Второстепенным событием является появление в жизни Кафки «юного поэта», музыканта и гравера одновременно, время от времени навещающего его в бюро. Это сын коллеги по Агентству по имени Густав Яноух. Кафка принимает его скрепя сердце, поскольку вежливость мешает ему отказать. То приходится читать его стихи, то он приносит свои гравюры, однажды, например, он принес Троцкого и Благовещение («Видишь, — комментирует Кафка, — у него широкие взгляды»). Было бы неуместно упоминать здесь имя этого навязчивого человека, если бы он позднее не опубликовал Книгу, призванную передать потомству свои беседы с Кафкой. Он выпустил два издания, добавив во втором неизданные откровения и исповеди. Неосведомленному читателю трудно узнать в безапелляционных высказываниях, приписываемых Кафке, обычную осторожность и скромность писателя — вызывают удивление и тон, и содержание. Однако сочинение Яноуха долгое время рассматривалось как «приемлемый» источник, и, поскольку свидетельства о Кафке были редки, биографы и комментаторы широко его использовали. Позже было доказано, что в большей своей части эти «разговоры» являются апокрифами. Безусловно, нельзя клясться, что та или иная цитируемая фраза в действительности не была произнесена Кафкой, но поскольку нет критерия, позволяющего отличить истинное от ложного, книгу Яноуха ради осторожности следует рассматривать лишь как весьма неубедительные заметки о нескольких редких встречах с писателем Таково незначительное событие в биографии Кафки.

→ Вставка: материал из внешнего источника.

//! What a store's records mean: how each is spelled as a record of the journal, and the image that
//! a list of them gives back.
#![tactic(auto)]

mod body;
mod coded;
mod entry;
mod groups;
mod items;
mod laws;
mod list;
mod members;
mod place;
mod raw;
mod record;
mod replay;
mod spelled;
mod writer;

pub use items::MOST;
pub use laws::{batches_lead, bodies_are_apart, groups_spell_lists, new_cores_are_empty};
pub use raw::{batch_to_raw, changed_to_raw, to_raw};
pub use record::Record;
pub use replay::{apply, apply_all};
pub use spelled::Spelled;
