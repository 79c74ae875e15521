// The bytes that a string or an integer gives for a look-up.
ghost use Rattle.std.specs.Prelude.{List, ℕ, ◌≤◌, ◌^◌, length};
ghost use Rattle.paper.specs.Traces.{asks, spends};
ghost use Rattle.forms.specs.Calls.{decimal_of};
ghost use Rattle.records.specs.Kinds.{pattern};
ghost use Rattle.gs.specs.Readings.{gives_all};
ghost use Rattle.gs.specs.inner.Steps.{Came};

use crate::steps::Carried;
use numbers::signed_decimal;
use paper::TextPlace;
use paper::refusals::{Refusal, Refused};
use records::integers::pattern_of;
use runs::output;

// Up to 255 bytes for one look-up.
pub(crate) fn give(
    given: &[u8],
    carried: Carried,
    at: TextPlace,
    out: &mut [u8],
) -> Result<Carried, Refused>
    requires { (length given.now ≤ 255) × (carried.to ≤ 2 ^ 40) }
    ensures { (name : List ℕ) → Came (λ rest. asks name (spends at.0 (gives_all given.now rest))) carried.left carried.to out.old out.new result }
{
    if carried.left == 0 {
        return Err(Refused {
            why: Refusal::AllowanceSpent,
            at,
        });
    }
    output::copy(given, carried.to, out);
    Ok(Carried {
        to: carried.to + given.len(),
        left: carried.left - 1,
    })
}

// The signed decimal of an integer variable, for one look-up.
pub(crate) fn give_integer(
    value: &[u8],
    carried: Carried,
    at: TextPlace,
    out: &mut [u8],
) -> Result<Carried, Refused>
    requires { carried.to ≤ 2 ^ 40 }
    ensures { (name : List ℕ) → Came (λ rest. asks name (spends at.0 (gives_all (decimal_of (pattern value.now)) rest))) carried.left carried.to out.old out.new result }
{
    // An array with a count beside it: no heap, and `Determined` says of `signed_decimal` that it answers a count.
    let mut digits = [0u8; 11];
    let count = signed_decimal(pattern_of(value), &mut digits);
    give(&digits[0..count], carried, at, out)
}
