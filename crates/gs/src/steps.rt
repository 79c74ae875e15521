// How far a reference and a text come, where neither is refused.
use paper::TextPlace;

// What a translation carries along: the bytes that it has given, where the next one goes, and the look-ups that are left.
#[derive(Clone, Copy)]
pub struct Carried {
    pub to: usize,
    pub left: u32,
}

// The end of a text that was read whole, and what it carried there.
#[derive(Clone, Copy)]
pub struct Expanded {
    pub end: TextPlace,
    pub carried: Carried,
}
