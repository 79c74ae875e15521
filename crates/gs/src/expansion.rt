// The expansion of a text: its symbols one behind the other, and the texts that its references lead to, level by level.
ghost use Rattle.std.specs.Prelude.{List, ℕ, ◌+◌, ◌*◌, ◌≤◌, ◌^◌, length};
ghost use Rattle.paper.specs.Traces.{asks};
ghost use Rattle.variables.specs.Names.{names_of};
ghost use Rattle.gs.specs.Readings.{whole_text, expands};
ghost use Rattle.gs.specs.inner.Steps.{Came, Read, piece_of, length_in};

use crate::names::Names;
use crate::steps::{Carried, Expanded};
use crate::values;
use paper::TextPlace;
use paper::refusals::{Refusal, Refused};
use references::Referred;
use runs::output;
use runs::plain::plain_end;
use symbols::bytes::is_ending_space;
use symbols::flags::Flags;
use symbols::forms::Symbol;
use symbols::symbols::{open, symbol_at};

// What a reference gives: one number, the bytes of a value for one look-up, or what a macro's value gives.
#[cycle(expand_follow)]
#[tactic(auto, using(crate::proofs::Pieces::laid_at_lem, crate::proofs::Follows::number_gives, crate::proofs::Follows::over_gives, crate::proofs::Follows::too_big_gives, crate::proofs::Follows::unknown_gives))]
fn follow<'a>(
    referred: Referred,
    names: &Names<'a>,
    levels: u8,
    carried: Carried,
    at: TextPlace,
    out: &mut [u8],
) -> Result<Carried, Refused>
    requires { (carried.to + 255 * carried.left + 255 ≤ 2 ^ 40) × (length_in referred ≤ 255) }
    ensures { (name : List ℕ) → Came (piece_of names.now.tables.farm.now names.now.tables.house.now (expands (names_of names.now.tables.farm.now names.now.tables.house.now) levels) referred name at.0) carried.left carried.to out.old out.new result }
{
    match referred {
        Referred::Number(byte) => {
            output::put(byte, carried.to, out);
            Ok(Carried {
                to: carried.to + 1,
                left: carried.left,
            })
        }
        Referred::CodeOver255 => Err(Refused {
            why: Refusal::CodeOver255,
            at,
        }),
        Referred::TooBig => Err(Refused {
            why: Refusal::TooBig,
            at,
        }),
        Referred::Unknown => Err(Refused {
            why: Refusal::UnknownName,
            at,
        }),
        Referred::Text(v) => values::give(names.tables.value_of(v), carried, at, out),
        Referred::Integer(v) => values::give_integer(names.tables.value_of(v), carried, at, out),
        Referred::Macro(v) => spell(names.tables.value_of(v), names, levels, carried, at, out),
    }
}

// A macro's value as a text of its own, for one look-up and one level deeper.
#[cycle(expand_follow)]
fn spell<'a>(
    value: &[u8],
    names: &Names<'a>,
    levels: u8,
    carried: Carried,
    at: TextPlace,
    out: &mut [u8],
) -> Result<Carried, Refused>
    requires { (carried.to + 255 * carried.left + 255 ≤ 2 ^ 40) × (length value.now ≤ 255) }
    ensures { (name : List ℕ) → Came (λ rest. asks name (expands (names_of names.now.tables.farm.now names.now.tables.house.now) levels name at.0 value.now rest)) carried.left carried.to out.old out.new result }
{
    if levels == 0 {
        return Err(Refused {
            why: Refusal::TooDeep,
            at,
        });
    }
    if carried.left == 0 {
        return Err(Refused {
            why: Refusal::AllowanceSpent,
            at,
        });
    }
    let begun = Carried {
        to: carried.to,
        left: carried.left - 1,
    };
    // A refusal inside the value has the place of the "<" that names the macro.
    let inner = expand(value, names, Flags::none(), levels - 1, begun, out).map_err(
        |refused| Refused {
            why: refused.why,
            at,
        },
    )?;
    Ok(inner.carried)
}

// One level of a text, from its first symbol to its end. Bytes are written only where they fit the part that is lent, so that
// a part of nothing measures.
#[cycle(expand_follow)]
pub(crate) fn expand<'a>(
    text: &[u8],
    names: &Names<'a>,
    flags: Flags,
    levels: u8,
    carried: Carried,
    out: &mut [u8],
) -> Result<Expanded, Refused>
    requires { (length text.now ≤ 65535) × (carried.to + length text.now + 255 * carried.left + 255 ≤ 2 ^ 40) }
    ensures { Read (whole_text (names_of names.now.tables.farm.now names.now.tables.house.now) (expands (names_of names.now.tables.farm.now names.now.tables.house.now) levels) text.now flags.0) (length text.now) carried.left carried.to out.old out.new result }
{
    let first = open(text, flags);
    let mode = first.mode;
    let mut here = first.at;
    let mut far = carried.to;
    let mut rest = carried.left;
    let spaces_end = is_ending_space(flags, mode, b' ');
    loop {
        // Bytes that stand for themselves go over as one run; the symbol behind them is the next that needs a thought.
        let run_end = plain_end(text, here, spaces_end);
        output::copy(&text[here..run_end], far, out);
        far += run_end - here;
        here = run_end;
        let symbol = symbol_at(text, flags, mode, here);
        match symbol {
            Symbol::End(end) => return Ok(Expanded {
                end,
                carried: Carried {
                    to: far,
                    left: rest,
                },
            }),
            Symbol::Faulty { fault, at } => return Err(Refused {
                why: Refusal::from(fault),
                at,
            }),
            Symbol::Byte(byte, next) => {
                output::put(byte, far, out);
                far += 1;
                here = next;
            }
            Symbol::Reference { start, end, next } => {
                let referred = names.referred(&text[start..end]);
                let behind = follow(
                    referred,
                    names,
                    levels,
                    Carried {
                        to: far,
                        left: rest,
                    },
                    TextPlace(here),
                    out,
                )?;
                far = behind.to;
                rest = behind.left;
                here = next;
            }
        }
    }
}
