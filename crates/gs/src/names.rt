// What the names of a text mean: the tables, with what leads to the records in them.
ghost use Rattle.std.specs.Prelude.{◌≡◌, List, ℕ, ◌≤◌, get_or};
ghost use Rattle.references.specs.References.{referred_in};
ghost use Rattle.lookups.specs.inner.Through.{Leads};
ghost use Rattle.gs.specs.inner.Steps.{length_in};

use references::{Referred, resolve};
use variables::both::Tables;

// The two tables, some keys, and an index, or no bytes where none is given, as `bytes_given` has it.
#[derive(Clone, Copy)]
pub(crate) struct Names<'a> {
    pub tables: Tables<'a>,
    pub keys: &'a [u32],
    pub index: &'a [u8],
    ghost leads: { Leads tables.farm.now tables.house.now keys.now index.now },
    // A length is one byte of a record.
    ghost short: { (name : List ℕ) → length_in (referred_in tables.farm.now tables.house.now name) ≤ 255 },
}

impl<'a> Names<'a> {
    // What the content of a reference stands for.
    pub(crate) fn referred(&self, content: &[u8]) -> Referred
        ensures meaning { result ≡ referred_in self.now.tables.farm.now self.now.tables.house.now content.now }
        ensures short { length_in result ≤ 255 }
    {
        resolve(content, &self.tables, self.keys, self.index)
    }
}

// What the type of a slice says of its bytes. A proof is told it of a function's parameter, and not of a field behind a reference, as the
// tables' slices are: so this is called for what it ensures, and does nothing.
pub(crate) fn are_bytes(table: &[u8])
    ensures { (k : ℕ) → get_or table.now k 0 ≤ 255 }
{}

Существенное же событие касается иудаизма. Положение еврея никогда не смущало Кафку в его отношениях с Миленой. Напротив, при случае он ее упрекает в том, что она имеет о евреях — и, следовательно, о нем — слишком хорошее мнение. В июне 1920 года, до встречи в Вене, он ей писал: «Иногда, например, меня охватывает желание засунуть их всех (включая себя) в ящик бельевого шкафа и подождать, затем чуть приоткрыть, чтобы проверить, все ли они уже задохнулись, если нет, снова закрыть ящик и продолжать так до конца». Далекий от того, чтобы исключить себя из еврейской массы, он пишет в другом письме, что, вероятно, он в большей мере, чем остальные, является «западным евреем», в большей мере лишенным жизненной силы и остроумия, в большей мере к тому же погруженным в повседневность без веры и без надежды. Упадок западных евреев становится образом, возможно, причиной его собственного упадка: как они, он без прошлого, без будущего. Но в другой раз, когда он видит в пражском еврейском отеле сотню эмигрантов, только что прибывших из России, он восклицает: если бы ему предоставили выбор, он хотел бы быть одним из этих маленьких еврейских мальчишек, пришедших с Востока — они так слиты со своей судьбой, со своей нищетой, со своим несчастьем, что не ощущают забот; даже если они не знают, где окажутся завтра, их жизнь имеет смысл, они существуют.